Faith, pageantry on display in N.Y.
Higher-than-usual attendance at Hill Cumorah spectacle
The 632 amateur performers had learned their parts so quickly, the director, Brent Hanson, told them, that they were getting a little too eager. "You need to enter in character, so that you are rushing to see the Savior," he told them. "This morning on run-through, it looked like you were rushing to get to your mark on the stage."
But more important, Hanson said, was to focus on the performance just before the show. Soon they would wade into the crowd of nearly 11,000 assembling at the base of the hill, 25 miles southeast of Rochester, and invite those who were not already members to join The Church of Jesus Christ of Latter-day Saints.
Since the first pageant in 1935, the church says, more than 5 million people have flocked to Hill Cumorah to see the riotously colorful retelling of Mormon history, rife with divine wrath, burnings at the stake, DeMille-worthy sword battles and heavenly visitations. It is staged in the very spot where the church's founder, Joseph Smith, said he dug up golden plates, buried 1,400 years before, that he translated into the Book of Mormon.
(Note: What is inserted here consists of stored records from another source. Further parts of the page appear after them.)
//! Readers that fail at each of their reads, for the commands on a book.

use crate::answering::{Command, answer, book_in};
use crate::commands::TWO_PUSHES;
use sok_engine::fault::ToolFault;
use sok_keep::add::add_bytes;
use sok_keep::prove::prove_bytes;
use sok_sketch::sketch::ROOM_OF_TWO_ROWS;
use sok_sketch::slow::Slow;
use sok_store::book::Book;
use sqlite::{Connection, MemStore};
use std::alloc::Global;
use std::process::Abort;
use std::test::Fail;

/// A command that reads an input.
#[derive(Clone, Copy)]
enum Reading {
    Add(&'static str),
    Prove(&'static str),
}

/// Runs a command with an input of a byte per read. One read, counted from 1, fails, or none.
fn read(
    alloc: Global,
    book: &mut Book<MemStore>,
    reading: Reading,
    fails_at: usize,
    out: &mut Vec<u8>,
) -> Result<u8, ToolFault> {
    let (Reading::Add(text) | Reading::Prove(text)) = reading;
    let mut input = Slow {
        bytes: text.as_bytes(),
        reads: 0,
        fails_at,
    };
    match reading {
        Reading::Add(_) => add_bytes(alloc, book, &mut input, out),
        Reading::Prove(_) => prove_bytes(alloc, book, 1, &mut input, out),
    }
}

/// Returns what the book shows of its first level, or nothing if it has none.
fn shown(alloc: Global, book: &mut Book<MemStore>) -> Vec<u8> {
    let mut out = Vec::new(alloc);
    let _ = answer(alloc, book, Command::Show(1), &mut out);
    out
}

/// Returns whether a command has this result and output if one of its reads fails, or none.
fn is_told(
    alloc: Global,
    book: &mut Book<MemStore>,
    reading: Reading,
    fails_at: usize,
    told: Result<u8, ToolFault>,
    written: &[u8],
) -> bool {
    let mut out = Vec::new(alloc);
    read(alloc, book, reading, fails_at, &mut out) == told && out.as_slice() == written
}

/// Asserts that a command is refused if any of its reads fails, with nothing written and the book
/// as before, and that it writes this if none fails.
fn fail_each_read(
    rt: &impl Abort,
    alloc: Global,
    book: &mut Book<MemStore>,
    reading: Reading,
    line: &str,
) {
    let before = shown(alloc, book);
    let (Reading::Add(text) | Reading::Prove(text)) = reading;
    for place in 1..text.len().saturating_add(2) {
        let failed = Err(ToolFault::ReadFailed);
        assert!(rt;
            is_told(alloc, book, reading, place, failed, b""),
            "{place}"
        );
        assert!(rt;
            shown(alloc, book).as_slice() == before.as_slice(),
            "{place}"
        );
    }
    assert!(rt; is_told(alloc, book, reading, 0, Ok(0), line.as_bytes()));
}

/// Fails each read of an addition, and of a proof.
fn fail_reads(rt: &impl Abort, alloc: Global, book: &mut Book<MemStore>) -> Result<(), Fail> {
    let add = Reading::Add(ROOM_OF_TWO_ROWS);
    fail_each_read(rt, alloc, book, add, "1 id 1\n");
    let mut out = Vec::new(alloc);
    answer(alloc, book, Command::Offer(1, "ulldRR"), &mut out)?;
    let prove = Reading::Prove(TWO_PUSHES);
    fail_each_read(rt, alloc, book, prove, "proved optimal 2\n");
    Ok(())
}

#[test]
fn reads_of_commands_that_fail(rt: HostRuntime) -> Result<(), Fail> {
    let alloc = rt.alloc();
    let mut book = book_in(alloc, Connection::open_in_memory(alloc)?)?;
    fail_reads(&rt, alloc, &mut book)
}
This year is the 200th anniversary of Smith's birth, a very big deal on the hill. About 85,000 people are expected to attend the pageant by the time it completes its annual run today, several thousand more than average, said Ahmad S. Corbitt, a spokesman for the church.
Pilgrims by the busload on national historic tours jam the sites in nearby Palmyra where they believe Smith received his visions. The Library of Congress presented a bicentenary symposium on Smith in May.
"It's finally being recognized that he wasn't just some kooky kid who started a cult someplace," said Dick Ahern, the pageant's publicity director.
Earlier in the afternoon, the Sacred Grove in Palmyra, where the 14-year-old Smith is said to have first met God and Jesus face to face, was as silent as the Hill Cumorah would soon be noisy, though it, too, was full of people. Paths that wound past fields of thistle and through deep woods were lined with benches where Mormons sat contemplating, reading scripture or writing in their journals. Beneath a tall maple sat Maureen and Don Porter.
When Porter, 66, a tool salesman from Orem, Utah, tried to explain the grove's significance, he could not stop himself from crying. "This is like Mecca to us, really," he said. "We revere Joseph Smith just as if we had lived at the time of Moses or any of the other great prophets because he revealed all the precious truths that had been lost."